Directions: Nothing in the records may change. Output them all exactly.

(Stored data entries)
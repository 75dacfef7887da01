use lj_base::Memory;
use lj_blockfile::{BodyFault, LineFault, put_body_fault, read_block, read_blocks, write_block};
use lj_samples::block_of;
use std::alloc::Global;
use std::test::Fail;

#[test]
fn a_line_has_its_first_fault(rt: HostRuntime) -> Result<(), Fail> {
    // Of five points, lines of three.
    let rows: [(&[u8], LineFault); 18] = [
        (b"1 2 10", LineFault::PointRange { value: 10 }),
        (b"1 2 3x", LineFault::NotNumber { column: 5 }),
        (b"1 2  ", LineFault::Short { count: 2 }),
        (b"0 1 2", LineFault::PointRange { value: 0 }),
        (b"1 2 6", LineFault::PointRange { value: 6 }),
        (b"1 2 2", LineFault::Repeat { point: 2 }),
        (b"1 2", LineFault::Short { count: 2 }),
        (b"1 2 3 4", LineFault::Long { count: 4 }),
        (b"1 2 3 x 0", LineFault::Long { count: 5 }),
        (b"1 x 3", LineFault::NotNumber { column: 3 }),
        (b"", LineFault::Short { count: 0 }),
        (b"6 x 3", LineFault::PointRange { value: 6 }),
        (b"1 1 x", LineFault::Repeat { point: 1 }),
        (b"2 2", LineFault::Repeat { point: 2 }),
        (
            b"1000000000000000000 2 3",
            LineFault::NotNumber { column: 1 },
        ),
        (
            b"999999999999999999 2 3",
            LineFault::PointRange {
                value: 999_999_999_999_999_999,
            },
        ),
        (b"-1 2 3", LineFault::NotNumber { column: 1 }),
        (b"1,2,3", LineFault::NotNumber { column: 1 }),
    ];
    for (line, fault) in rows {
        assert_eq!(rt; read_block(line, 5, 3), Err(fault), "of {line:?}");
    }
    assert_eq!(rt;
        read_block(b"1 2 x", 5, 2),
        Err(LineFault::Long { count: 3 })
    );
    Ok(())
}

#[test]
fn a_line_holds_a_block(rt: HostRuntime) -> Result<(), Fail> {
    let rows: [(&[u8], &[u8]); 6] = [
        (b"1 2 3", &[0, 1, 2]),
        (b"1 2 3 ", &[0, 1, 2]),
        (b"1 2  3", &[0, 1, 2]),
        (b" 3\t1  2 ", &[0, 1, 2]),
        (b"001 2 3", &[0, 1, 2]),
        (b"5 4 3", &[2, 3, 4]),
    ];
    for (line, points) in rows {
        assert_eq!(rt; read_block(line, 5, 3), Ok(block_of(points)), "of {line:?}");
    }
    assert_eq!(rt; read_block(b"99", 99, 1), Ok(block_of(&[98])));
    assert_eq!(rt; read_block(b"9 10 99", 99, 3), Ok(block_of(&[8, 9, 98])));
    Ok(())
}

const FANO: &[u8] = b"4\t2 1\r\n\r\n2 3 5\r\n6 4 3\n 4 5 7 \n1 5 6\n2 6 7\n1 3 7";

#[test]
fn a_text_holds_a_block_for_each_line(rt: HostRuntime) -> Result<(), Fail> {
    let rows: [&[u8]; 7] = [
        &[0, 1, 3],
        &[1, 2, 4],
        &[2, 3, 5],
        &[3, 4, 6],
        &[0, 4, 5],
        &[1, 5, 6],
        &[0, 2, 6],
    ];
    let blocks = match read_blocks(rt.alloc(), FANO, 7, 3) {
        Ok(blocks) => blocks,
        Err(_) => Vec::new(rt.alloc()),
    };
    assert_eq!(rt; blocks.len(), 7);
    for (block, points) in blocks.iter().zip(rows.iter()) {
        assert_eq!(rt; *block, block_of(points));
    }
    Ok(())
}

#[test]
fn the_first_faulty_line_is_named(rt: HostRuntime) -> Result<(), Fail> {
    // the text, how many blocks it holds or its fault
    let rows: [(&[u8], Result<usize, BodyFault>); 6] = [
        (b"", Ok(0)),
        (b" \n\t\r\n\n", Ok(0)),
        (b"1 2\n2 1\n1 2", Ok(3)),
        (
            b"1 2\n \n1 x\n1 1\n",
            Err(BodyFault::Line {
                number: 3,
                fault: LineFault::NotNumber { column: 3 },
            }),
        ),
        (
            b"1 2\n2 3\n4",
            Err(BodyFault::Line {
                number: 3,
                fault: LineFault::PointRange { value: 4 },
            }),
        ),
        (
            b"\n1\n1 2 3\n",
            Err(BodyFault::Line {
                number: 2,
                fault: LineFault::Short { count: 1 },
            }),
        ),
    ];
    for (text, want) in rows {
        let read = read_blocks(rt.alloc(), text, 3, 2);
        assert_eq!(rt; read.map(|blocks| blocks.len()), want, "of {text:?}");
    }
    Ok(())
}

#[test]
fn a_text_has_at_most_100000_lines(rt: HostRuntime) -> Result<(), Fail> {
    let mut text = Vec::new(rt.alloc());
    for _ in 0..100_000 {
        text.extend_from_slice(b"1\n")?;
    }
    let most = read_blocks(rt.alloc(), &text, 1, 1);
    assert_eq!(rt; most.map(|blocks| blocks.len()), Ok(100_000));
    text.extend_from_slice(b"\n \nx")?;
    let more = read_blocks(rt.alloc(), &text, 1, 1);
    assert_eq!(rt;
        more.map(|blocks| blocks.len()),
        Err(BodyFault::Blocks { n: 100_001 })
    );
    Ok(())
}

// A line with 7, and then the block's line.
fn line_after_7(alloc: Global, points: &[u8]) -> Result<Vec<u8>, Memory> {
    let block = block_of(points);
    let mut out = Vec::new(alloc);
    out.extend_from_slice(b"7\n")?;
    write_block(&block, &mut out)?;
    Ok(out)
}

#[test]
fn a_block_is_written_as_its_line(rt: HostRuntime) -> Result<(), Fail> {
    let rows: [(&[u8], &[u8]); 4] = [
        (&[9, 0, 1], b"7\n1 2 10\n"),
        (&[], b"7\n\n"),
        (&[98], b"7\n99\n"),
        (&[0], b"7\n1\n"),
    ];
    for (points, want) in rows {
        let out = line_after_7(rt.alloc(), points)?;
        assert_eq!(rt; out.as_slice(), want, "for {points:?}");
    }
    Ok(())
}

#[test]
fn faults_have_their_words(rt: HostRuntime) -> Result<(), Fail> {
    let line = |fault| BodyFault::Line { number: 3, fault };
    // the fault, as an error and as a check prints it
    let rows: [(BodyFault, &str, &[u8]); 7] = [
        (
            line(LineFault::NotNumber { column: 5 }),
            "line 3: column 5: not a number",
            b"line 3 column 5 not a number",
        ),
        (
            line(LineFault::PointRange { value: 0 }),
            "line 3: point 0 is out of range",
            b"line 3 point 0 out of range",
        ),
        (
            line(LineFault::Repeat { point: 2 }),
            "line 3: point 2 is repeated",
            b"line 3 point 2 repeated",
        ),
        (
            line(LineFault::Short { count: 2 }),
            "line 3: too few points: 2",
            b"line 3 too few points 2",
        ),
        (
            line(LineFault::Long { count: 4 }),
            "line 3: too many points: 4",
            b"line 3 too many points 4",
        ),
        (
            BodyFault::Blocks { n: 100_001 },
            "100001 blocks are too many",
            b"blocks 100001",
        ),
        (BodyFault::Memory, "out of memory", b""),
    ];
    for (fault, error, words) in rows {
        let text = format!(in rt.alloc(); "{fault}")?;
        assert_eq!(rt; text.as_str(), error);
        let mut out = Vec::new(rt.alloc());
        put_body_fault(&mut out, &fault)?;
        assert_eq!(rt; out.as_slice(), words);
    }
    Ok(())
}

Solved problem:
repository 75dacfef7887da01
use lj_base::Memory;
use lj_blockfile::{BodyFault, LineFault, put_body_fault, read_block, read_blocks, write_block};
use lj_samples::block_of;
use std::alloc::Global;
use std::test::Fail;

#[test]
fn a_line_has_its_first_fault(rt: HostRuntime) -> Result<(), Fail> {
    // Of five points, lines of three.
    let rows: [(&[u8], LineFault); 18] = [
        (b"1 2 10", LineFault::PointRange { value: 10 }),
        (b"1 2 3x", LineFault::NotNumber { column: 5 }),
        (b"1 2  ", LineFault::Short { count: 2 }),
        (b"0 1 2", LineFault::PointRange { value: 0 }),
        (b"1 2 6", LineFault::PointRange { value: 6 }),
        (b"1 2 2", LineFault::Repeat { point: 2 }),
        (b"1 2", LineFault::Short { count: 2 }),
        (b"1 2 3 4", LineFault::Long { count: 4 }),
        (b"1 2 3 x 0", LineFault::Long { count: 5 }),
        (b"1 x 3", LineFault::NotNumber { column: 3 }),
        (b"", LineFault::Short { count: 0 }),
        (b"6 x 3", LineFault::PointRange { value: 6 }),
        (b"1 1 x", LineFault::Repeat { point: 1 }),
        (b"2 2", LineFault::Repeat { point: 2 }),
        (
            b"1000000000000000000 2 3",
            LineFault::NotNumber { column: 1 },
        ),
        (
            b"999999999999999999 2 3",
            LineFault::PointRange {
                value: 999_999_999_999_999_999,
            },
        ),
        (b"-1 2 3", LineFault::NotNumber { column: 1 }),
        (b"1,2,3", LineFault::NotNumber { column: 1 }),
    ];
    for (line, fault) in rows {
        assert_eq!(rt; read_block(line, 5, 3), Err(fault), "of {line:?}");
    }
    assert_eq!(rt;
        read_block(b"1 2 x", 5, 2),
        Err(LineFault::Long { count: 3 })
    );
    Ok(())
}

#[test]
fn a_line_holds_a_block(rt: HostRuntime) -> Result<(), Fail> {
    let rows: [(&[u8], &[u8]); 6] = [
        (b"1 2 3", &[0, 1, 2]),
        (b"1 2 3 ", &[0, 1, 2]),
        (b"1 2  3", &[0, 1, 2]),
        (b" 3\t1  2 ", &[0, 1, 2]),
        (b"001 2 3", &[0, 1, 2]),
        (b"5 4 3", &[2, 3, 4]),
    ];
    for (line, points) in rows {
        assert_eq!(rt; read_block(line, 5, 3), Ok(block_of(points)), "of {line:?}");
    }
    assert_eq!(rt; read_block(b"99", 99, 1), Ok(block_of(&[98])));
    assert_eq!(rt; read_block(b"9 10 99", 99, 3), Ok(block_of(&[8, 9, 98])));
    Ok(())
}

const FANO: &[u8] = b"4\t2 1\r\n\r\n2 3 5\r\n6 4 3\n 4 5 7 \n1 5 6\n2 6 7\n1 3 7";

#[test]
fn a_text_holds_a_block_for_each_line(rt: HostRuntime) -> Result<(), Fail> {
    let rows: [&[u8]; 7] = [
        &[0, 1, 3],
        &[1, 2, 4],
        &[2, 3, 5],
        &[3, 4, 6],
        &[0, 4, 5],
        &[1, 5, 6],
        &[0, 2, 6],
    ];
    let blocks = match read_blocks(rt.alloc(), FANO, 7, 3) {
        Ok(blocks) => blocks,
        Err(_) => Vec::new(rt.alloc()),
    };
    assert_eq!(rt; blocks.len(), 7);
    for (block, points) in blocks.iter().zip(rows.iter()) {
        assert_eq!(rt; *block, block_of(points));
    }
    Ok(())
}

#[test]
fn the_first_faulty_line_is_named(rt: HostRuntime) -> Result<(), Fail> {
    // the text, how many blocks it holds or its fault
    let rows: [(&[u8], Result<usize, BodyFault>); 6] = [
        (b"", Ok(0)),
        (b" \n\t\r\n\n", Ok(0)),
        (b"1 2\n2 1\n1 2", Ok(3)),
        (
            b"1 2\n \n1 x\n1 1\n",
            Err(BodyFault::Line {
                number: 3,
                fault: LineFault::NotNumber { column: 3 },
            }),
        ),
        (
            b"1 2\n2 3\n4",
            Err(BodyFault::Line {
                number: 3,
                fault: LineFault::PointRange { value: 4 },
            }),
        ),
        (
            b"\n1\n1 2 3\n",
            Err(BodyFault::Line {
                number: 2,
                fault: LineFault::Short { count: 1 },
            }),
        ),
    ];
    for (text, want) in rows {
        let read = read_blocks(rt.alloc(), text, 3, 2);
        assert_eq!(rt; read.map(|blocks| blocks.len()), want, "of {text:?}");
    }
    Ok(())
}

#[test]
fn a_text_has_at_most_100000_lines(rt: HostRuntime) -> Result<(), Fail> {
    let mut text = Vec::new(rt.alloc());
    for _ in 0..100_000 {
        text.extend_from_slice(b"1\n")?;
    }
    let most = read_blocks(rt.alloc(), &text, 1, 1);
    assert_eq!(rt; most.map(|blocks| blocks.len()), Ok(100_000));
    text.extend_from_slice(b"\n \nx")?;
    let more = read_blocks(rt.alloc(), &text, 1, 1);
    assert_eq!(rt;
        more.map(|blocks| blocks.len()),
        Err(BodyFault::Blocks { n: 100_001 })
    );
    Ok(())
}

// A line with 7, and then the block's line.
fn line_after_7(alloc: Global, points: &[u8]) -> Result<Vec<u8>, Memory> {
    let block = block_of(points);
    let mut out = Vec::new(alloc);
    out.extend_from_slice(b"7\n")?;
    write_block(&block, &mut out)?;
    Ok(out)
}

#[test]
fn a_block_is_written_as_its_line(rt: HostRuntime) -> Result<(), Fail> {
    let rows: [(&[u8], &[u8]); 4] = [
        (&[9, 0, 1], b"7\n1 2 10\n"),
        (&[], b"7\n\n"),
        (&[98], b"7\n99\n"),
        (&[0], b"7\n1\n"),
    ];
    for (points, want) in rows {
        let out = line_after_7(rt.alloc(), points)?;
        assert_eq!(rt; out.as_slice(), want, "for {points:?}");
    }
    Ok(())
}

#[test]
fn faults_have_their_words(rt: HostRuntime) -> Result<(), Fail> {
    let line = |fault| BodyFault::Line { number: 3, fault };
    // the fault, as an error and as a check prints it
    let rows: [(BodyFault, &str, &[u8]); 7] = [
        (
            line(LineFault::NotNumber { column: 5 }),
            "line 3: column 5: not a number",
            b"line 3 column 5 not a number",
        ),
        (
            line(LineFault::PointRange { value: 0 }),
            "line 3: point 0 is out of range",
            b"line 3 point 0 out of range",
        ),
        (
            line(LineFault::Repeat { point: 2 }),
            "line 3: point 2 is repeated",
            b"line 3 point 2 repeated",
        ),
        (
            line(LineFault::Short { count: 2 }),
            "line 3: too few points: 2",
            b"line 3 too few points 2",
        ),
        (
            line(LineFault::Long { count: 4 }),
            "line 3: too many points: 4",
            b"line 3 too many points 4",
        ),
        (
            BodyFault::Blocks { n: 100_001 },
            "100001 blocks are too many",
            b"blocks 100001",
        ),
        (BodyFault::Memory, "out of memory", b""),
    ];
    for (fault, error, words) in rows {
        let text = format!(in rt.alloc(); "{fault}")?;
        assert_eq!(rt; text.as_str(), error);
        let mut out = Vec::new(rt.alloc());
        put_body_fault(&mut out, &fault)?;
        assert_eq!(rt; out.as_slice(), words);
    }
    Ok(())
}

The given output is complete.